- Born: Suzanne 1945 (age 80–81) Moline, Illinois
- Education: Marycrest College, University of San Diego College for Women
- Known for: Founder of several programs that help with the rehabilitation and education of incarcerated women
- Spouse: James E. "Jim" Edmondson

= Suzanne Edmondson =

American educator (born 1945)

Suzanne Edmondson is the founder of several programs such as Tales for the Rising Moon and The Friends of Eddie Warrior Foundation, all aiding in the rehabilitation and education of incarcerated women. The program allocates funds for textbooks and tuition that allows inmates the opportunity to earn their associate of arts degree through Connors State College. Among other honors, Edmondson was inducted into the Oklahoma Women's Hall of Fame in 2009.

==Early life==
Suzanne Edmondson (b. 1945) (Note: One news article identified her as Suzanne Rumler Edmondson.) was born in Moline, Illinois and grew up in the Quad Cities area.
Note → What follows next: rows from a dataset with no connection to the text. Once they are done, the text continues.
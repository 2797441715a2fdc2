//! The rows of addresses, as C gets them.
ghost use Rattle.std.specs.Prelude.{◌≡◌, ◌+◌, ◌≤◌, None, Some, length, true};
ghost use Rattle.cfi_read_core.specs.Addresses.{IsAddressSize};
ghost use Rattle.cfi_read_core.specs.ReaderCalls.{map_ok};
ghost use Rattle.cfi_c.specs.AddressRows.{IsAnswerForC, IsFaithfulHeader, IsScannedForC};
ghost use Rattle.cfi_c.specs.AddressRows.{IsSizedAnswer, is_live};
ghost use Rattle.cfi_c.specs.ManyAddresses.{AreAnswered, IsCount};
ghost use Rattle.cfi_c.specs.PassedSections.{header_in, lent};
ghost use Rattle.cfi_c.specs.WrittenRows.{SameAround};

use crate::context::{CfiContext, Context};
use crate::refusal::NO_CONTEXT;
use crate::section::{CfiBases, header_in, is_sized, source_of};
use crate::written::{CfiRow, CfiRule, write_answer};
use gimli_cfi::{Error, StoreOnHeap, UnwindContextStorage, UnwindTableRow};
use std::alloc::Global;
use std::mem;

/// A section in which rows are asked for.
#[derive(Clone, Copy)]
struct AskedSection<'a> {
    /// Its bytes.
    section: &'a [u8],
    /// Those of its header, where rows are found by that.
    header: Option<&'a [u8]>,
    /// The bases of their pointers.
    bases: &'a CfiBases,
}

type FoundRow = UnwindTableRow<usize, <StoreOnHeap as UnwindContextStorage<usize>>::Rules>;

/// Writes the row of the address, found by a scan of the section, and the rules of the registers
/// from 0 up, as many as fit in `rules`.
///
/// Returns the status, which is also in `row`: 0, or the number of the error, with what it carries
/// in `row.refused`; that of `UnsupportedAddressSize` where the size is not 1, 2, 4 or 8; and
/// `NO_CONTEXT` where there is no context. Does not allocate.
#[unsafe(no_mangle)]
pub extern "C" fn cfi_row_by_scan<'a>(
    alloc: Global,
    context: &mut CfiContext,
    section: &'a [u8],
    bases: &'a CfiBases,
    address: u64,
    row: &mut CfiRow,
    rules: &mut [CfiRule],
) -> i32
    ensures answered { IsAnswerForC context.old.live bases.now section.now None address
        row.new rules.new 0 (length rules.new) }
    ensures status { result ≡ row.new.status }
    ensures kept { context.new.live ≡ context.old.live }
{
    let asked = AskedSection {
        section,
        header: None,
        bases,
    };
    answer_one(alloc, context, &asked, address, row, rules)
}

/// Does the same for `.eh_frame` with a header, by the header's table; by a scan of the section
/// where the header has no rows.
#[unsafe(no_mangle)]
pub extern "C" fn cfi_row_by_table<'a>(
    alloc: Global,
    context: &mut CfiContext,
    section: &'a [u8],
    header: &'a [u8],
    bases: &'a CfiBases,
    address: u64,
    row: &mut CfiRow,
    rules: &mut [CfiRule],
) -> i32
    ensures answered { IsAnswerForC context.old.live bases.now section.now (Some header.now) address
        row.new rules.new 0 (length rules.new) }
    ensures faithful { IsFaithfulHeader bases.now section.now header.now →
        IsAddressSize bases.now.address_size → context.old.live ≡ true →
        IsScannedForC bases.now section.now address row.new rules.new 0 (length rules.new) }
    ensures status { result ≡ row.new.status }
    ensures kept { context.new.live ≡ context.old.live }
{
    let asked = AskedSection {
        section,
        header: Some(header),
        bases,
    };
    answer_one(alloc, context, &asked, address, row, rules)
}

/// Writes the rows of many addresses, each as `cfi_row_by_table` does, or as `cfi_row_by_scan` does
/// where the header is empty: `rows[i]`, and in `rules` the `per_row` from `i * per_row` on, are
/// those of `addresses[i]`.
///
/// Returns how many rows it has written: as many as there are addresses, rows, and rules for each
/// row. Writes nothing after them. Does not allocate.
#[unsafe(no_mangle)]
pub extern "C" fn cfi_rows<'a>(
    alloc: Global,
    context: &mut CfiContext,
    section: &'a [u8],
    header: &'a [u8],
    bases: &'a CfiBases,
    addresses: &[u64],
    rows: &mut [CfiRow],
    rules: &mut [CfiRule],
    per_row: usize,
) -> usize
    ensures count { IsCount (length addresses.now) (length rows.old) (length rules.old) per_row
        result }
    ensures answered { AreAnswered context.old.live bases.now section.now
        (header_in header.now) addresses.now per_row result
        rows.old rows.new rules.old rules.new }
    ensures kept { context.new.live ≡ context.old.live }
{
    let mut held = mem::replace(context, CfiContext::of(alloc, None)).into_box();
    let asked = AskedSection {
        section,
        header: header_in(header),
        bases,
    };
    let count = answer_each(&mut held, &asked, addresses, rows, rules, per_row);
    *context = CfiContext::of(alloc, held);
    count
}

/// Writes the row of one address, and as many rules as fit. Returns its status.
fn answer_one(
    alloc: Global,
    context: &mut CfiContext,
    asked: &AskedSection<'_>,
    address: u64,
    row: &mut CfiRow,
    rules: &mut [CfiRule],
) -> i32
    ensures answered { IsAnswerForC context.old.live asked.now.bases.now asked.now.section.now
        (lent asked.now.header) address row.new rules.new 0 (length rules.new) }
    ensures status { result ≡ row.new.status }
    ensures kept { context.new.live ≡ context.old.live }
{
    let mut held = mem::replace(context, CfiContext::of(alloc, None)).into_box();
    let count = rules.len();
    answer(&mut held, asked, address, row, rules, 0, count);
    *context = CfiContext::of(alloc, held);
    row.status
}

/// Writes the rows of as many addresses as there is room for, and returns how many.
fn answer_each(
    held: &mut Option<Box<Context>>,
    asked: &AskedSection<'_>,
    addresses: &[u64],
    rows: &mut [CfiRow],
    rules: &mut [CfiRule],
    per_row: usize,
) -> usize
    ensures count { IsCount (length addresses.now) (length rows.old) (length rules.old) per_row
        result }
    ensures answered { AreAnswered (is_live held.old) asked.now.bases.now asked.now.section.now
        (lent asked.now.header) addresses.now per_row result
        rows.old rows.new rules.old rules.new }
    ensures kept { is_live held.new ≡ is_live held.old }
{
    let mut first = 0;
    for i in 0..addresses.len() {
        if i == rows.len() || rules.len() - first < per_row {
            return i;
        }
        let mut row = rows[i];
        answer(held, asked, addresses[i], &mut row, rules, first, per_row);
        rows[i] = row;
        first += per_row;
    }
    addresses.len()
}

/// Writes the row of one address, with the context that is held.
fn answer(
    held: &mut Option<Box<Context>>,
    asked: &AskedSection<'_>,
    address: u64,
    row: &mut CfiRow,
    rules: &mut [CfiRule],
    first: usize,
    count: usize,
)
    requires { first + count ≤ length rules.old }
    ensures answered { IsAnswerForC (is_live held.old) asked.now.bases.now asked.now.section.now
        (lent asked.now.header) address row.new rules.new first count }
    ensures around { SameAround first count rules.old rules.new }
    ensures kept { is_live held.new ≡ is_live held.old }
{
    match held {
        Some(context) => {
            let found = find_row(context.as_mut(), asked, address);
            write_answer(found, row, rules, first, count);
        }
        None => {
            row.refused = 0;
            row.status = NO_CONTEXT;
        }
    }
}

/// Finds the row of the address, by the header's table where there is a header, else by a scan.
/// Returns `Error::UnsupportedAddressSize` where the size is not 1, 2, 4 or 8.
fn find_row<'ctx>(
    context: &'ctx mut Context,
    asked: &AskedSection<'_>,
    address: u64,
) -> Result<&'ctx FoundRow, Error>
    ensures { IsSizedAnswer asked.now.bases.now asked.now.section.now (lent asked.now.header)
        address (map_ok (λ row. row.now) result) }
{
    let size = asked.bases.address_size;
    if !is_sized(size) {
        return Err(Error::UnsupportedAddressSize(size));
    }
    source_of(asked.section, asked.header, asked.bases).row(context, address)
}
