//! Functions as C sees them.
ghost use Rattle.std.specs.Prelude.{◌≡◌, None, Some};
ghost use Rattle.cfi_step.specs.PackedRows.{function_packed};
ghost use Rattle.cfi_c.specs.WrittenFunctions.{is_pointer_indirect, pointer_address};
ghost use Rattle.cfi_c.specs.WrittenFunctions.{written_function};

use cfi_step::{Function, PackedRow};
use gimli_cfi::Pointer;

/// What an FDE and its CIE say of a function, beside its rows.
#[repr(C)]
#[derive(Clone, Copy)]
pub struct CfiFunction {
    /// The first address, and the first after it.
    pub start: u64,
    pub end: u64,
    /// 0 if there is none.
    pub lsda: u64,
    pub personality: u64,
    /// The offset of the FDE in the section.
    pub fde: u64,
    /// The register that holds the return address.
    pub return_address: u16,
    /// Whether there is an FDE; else all of this is 0.
    pub is_known: bool,
    pub has_lsda: bool,
    pub has_personality: bool,
    /// Whether it is the address of the pointer.
    pub lsda_is_indirect: bool,
    pub personality_is_indirect: bool,
    pub is_signal_trampoline: bool,
}

/// The function as C sees it.
pub fn written_function(function: Option<Function>) -> CfiFunction
    ensures { result ≡ written_function function }
{
    match function {
        Some(function) => CfiFunction {
            start: function.start,
            end: function.end,
            lsda: address_of(function.lsda),
            personality: address_of(function.personality),
            fde: function.offset,
            return_address: function.return_address.0,
            is_known: true,
            has_lsda: function.lsda.is_some(),
            has_personality: function.personality.is_some(),
            lsda_is_indirect: is_indirect(function.lsda),
            personality_is_indirect: is_indirect(function.personality),
            is_signal_trampoline: function.is_signal_trampoline,
        },
        None => CfiFunction {
            start: 0,
            end: 0,
            lsda: 0,
            personality: 0,
            fde: 0,
            return_address: 0,
            is_known: false,
            has_lsda: false,
            has_personality: false,
            lsda_is_indirect: false,
            personality_is_indirect: false,
            is_signal_trampoline: false,
        },
    }
}

/// What a pointer points to, or where the pointer is; 0 if there is none.
fn address_of(pointer: Option<Pointer>) -> u64
    ensures { result ≡ pointer_address pointer }
{
    match pointer {
        Some(pointer) => pointer.pointer(),
        None => 0,
    }
}

/// Whether a pointer is given by the address where it is.
fn is_indirect(pointer: Option<Pointer>) -> bool
    ensures { result ≡ is_pointer_indirect pointer }
{
    match pointer {
        Some(Pointer::Indirect(_address)) => true,
        _ => false,
    }
}

/// Writes what the row says of the function.
#[inline(always)]
pub fn write_function(row: &PackedRow, function: &mut CfiFunction)
    ensures { function.new ≡ written_function (Some (function_packed row.now)) }
{
    match row.plain_function() {
        Some(plain) => write_plain(plain, function),
        None => write_any_function(row, function),
    }
}

/// Writes a function that has no pointers.
#[inline(always)]
fn write_plain(plain: Function, function: &mut CfiFunction)
    requires lsda { plain.lsda ≡ None }
    requires personality { plain.personality ≡ None }
    ensures { function.new ≡ written_function (Some plain) }
{
    // a field at a time, as in `packed_registers`
    function.start = plain.start;
    function.end = plain.end;
    function.lsda = 0;
    function.personality = 0;
    function.fde = plain.offset;
    function.return_address = plain.return_address.0;
    function.is_known = true;
    function.has_lsda = false;
    function.has_personality = false;
    function.lsda_is_indirect = false;
    function.personality_is_indirect = false;
    function.is_signal_trampoline = plain.is_signal_trampoline;
}

/// Writes any function.
#[inline(never)]
fn write_any_function(row: &PackedRow, function: &mut CfiFunction)
    ensures { function.new ≡ written_function (Some (function_packed row.now)) }
{
    *function = written_function(Some(row.function()));
}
She attended high school in Rock Island, Illinois. Edmondson attended Marycrest College, a women's college in Davenport, Iowa and eventually transferred to the University of San Diego College for Women. She met her husband, Jim, in San Diego as he was stationed there as a lieutenant in the Navy. Suzanne did not finish her degree but instead married and raised her children. She remained very involved with community work through Girl Scouts, the YMCA, and the PTA. For six years, Edmondson served as President of Friends of the Library in Muskogee.

==Volunteer Work==
In 1996, she began training for a certification in Laubach Literacy. She took her training and became a literacy tutor for several years, working with incarcerated women. In 1997, Edmondson incorporated Friends of the Eddie Warrior Foundation. The Foundation's purpose is to help provide a college education for women incarcerated at Eddie Warrior. (Note: The Dr. Eddie Warrior Correctional Center is a minimum security prison in Taft, Oklahoma. Owned by the Oklahoma Department of Corrections, it opened in 1988.) The funds cover tuition and books and allow inmates to earn their associate of arts degrees through Connors State College. Edmondson also started a writing program that helps incarcerated women become writers, offering classes and prompts. Another one of her programs, Tales for the Rising Moon, a program in which inmates are recorded reading books to their children, has been featured in People magazine.

Edmondson was inducted into the Oklahoma Women's Hall of Fame in 2009. She also received the Medal of Honor from the Daughters of the American Revolution and was named Volunteer of the Year by Oklahoma Department of Corrections for her service to female inmates.